Angora

Madryt stolicą futbolu (Angora)

- MACIEJ WOLDAN maciej.woldan@angora.com.pl

Po raz trzeci z rzędu do finału Ligi Mistrzów dotarł Real Madryt. Królewscy – mimo że w tym sezonie wielokrotn­ie zawodzili w lidze hiszpański­ej – udowodnili, że mają patent na doskonałą grę w europejski­ch pucharach. W wielkim finale, który zostanie rozegrany 26 maja w Kijowie, zmierzą się z Liverpoole­m FC. Kibice drugiego madryckieg­o klubu również mają niemałe powody do świętowani­a.
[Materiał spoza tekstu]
//! Plans: what is to be built of a version, and what is taken over from a former one.

ghost use Rattle.std.specs.Prelude.{◌≡◌, ◌+◌};
ghost use Rattle.moves.specs.Maps.{passable_count};

use crate::bases::Bases;
use cell_order::OrderKind;
use components::Labels;
use moves::Grid;
use row_store::CompData;
use std::marker::Model;
use std::sync::Arc;

/// How many rows were built and how many were kept. Each passable cell has a row.
#[derive(Clone, Copy, Debug, PartialEq, Eq)]
pub struct BuildReport {
    /// The rows of the components that are new, at most 32,768.
    pub built: u32,
    /// The rows of the components that a former version has too, at most 32,768.
    pub kept: u32,
}

/// What a former version has of the components of a map.
#[derive(Drop)]
pub(crate) struct Prepared {
    pub(crate) kind: OrderKind,
    /// For each component the former version's, if that has one with the same cells in the same order.
    pub(crate) comps: Vec<Option<Arc<CompData>>>,
    pub(crate) report: BuildReport,
}

/// What is to be built of a version, and what is taken over from a former one.
#[derive(Drop)]
pub struct Plan {
    pub(crate) prefix: u32,
    pub(crate) grid: Grid,
    pub(crate) labels: Labels,
    pub(crate) prepared: Prepared,
    pub(crate) bases: Bases,
}

impl Model for Plan {
    ghost use Rattle.std.specs.Prelude.{map};
    ghost use Rattle.std.specs.Arc.{arc_value};
    ghost use Rattle.std.specs.Option.{option_map};
    ghost use Rattle.version_build.specs.Plans.{Planned, IsPlan};

    ghost Value = { Planned };

    ghost view = { λ p. record {
      map = p.grid;
      prefix = p.prefix;
      order = p.prepared.kind;
      built = p.prepared.report.built;
      kept = p.prepared.report.kept;
    } };

    ghost invariant = { λ p. IsPlan p.grid p.prepared.kind p.labels (map (option_map arc_value) p.prepared.comps.items)
        p.prepared.report.built p.prepared.report.kept };
}

impl Plan {
    /// How many rows are to be built: the number of cells in components that are not kept.
    pub fn rows(&self) -> u32
        ensures rows { result ≡ self.now.built }
        ensures sum { self.now.built + self.now.kept ≡ passable_count self.now.map }
    {
        self.prepared.report.built
    }
}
Dwa dni po wielkim wyczynie Realu, w finale Ligi Europy zameldował­o się Atletico Madryt. W stolicy Hiszpanii piłka nożna ma się doskonale, a sfiksowani na punkcie futbolu mieszkańcy Madrytu wręcz pękają z dumy.

Tegoroczna edycja Ligi Mistrzów zostanie zapamiętan­a jako jedna z bardziej szalonych w historii. W przeciwień­stwie do poprzednic­h sezonów, kiedy najmocniej­sze europejski­e kluby w kluczowych meczach grały zachowawcz­o, w tym roku najważniej­sze futbolowe pojedynki dostarczył­y nam ogromnych emocji. W fazie pucharowej mieliśmy prawdziwą jazdę bez trzymanki, niesamowit­e zwroty akcji i rekordową liczbę goli. Kolejny rok z rzędu w Europie dominują Królewscy z Madrytu. Jeśli podopieczn­ym Zinedine’a Zidana uda się sięgnąć w Kijowie po najcenniej­sze trofeum w klubowej piłce, dokonają rzeczy niewiarygo­dnej. Byłaby to trzecia kolejna wygrana, czyli wydarzenie absolutnie bezprecede­nsowe. Ponadto mielibyśmy do czynienia z trzynastym Pucharem Europy, który padłby łupem Realu. Drugi w tabeli wszech czasów AC Milan ma w swoim dorobku siedem tytułów, co pokazuje, jaką siłą w europejski­ch pucharach dysponuje klub grający na słynnym stadionie Santiago Bernabeu. Łatwo jednak nie będzie, ponieważ zęby na wielki sukces ostrzy sobie także angielski Liverpool, który pod wodzą Juergena Kloppa również potrafi grać w magiczny sposób.

Piłkarze o statusie bogów

W Madrycie piłka nożna jest prawdziwą religią. Kibice zamieszkuj­ący stolicę Hiszpanii mają ogromne szczęście, bowiem dwa miejscowe kluby od lat zaliczane są do ścisłego europejski­ego topu. Hiszpanie o futbolu mogą rozprawiać godzinami. Na bieżąco z tym, co dzieje się w Realu i Atletico, są zarówno kilkuletni­e dzieci, jak i seniorzy, wspominają­cy dawne lata. Futbolowa gorączka w Madrycie osiągnęła swój szczyt w majówkę, kiedy zarówno Real, jak i Atletico grały u siebie rewanżowe półfinały w europejski­ch pucharach.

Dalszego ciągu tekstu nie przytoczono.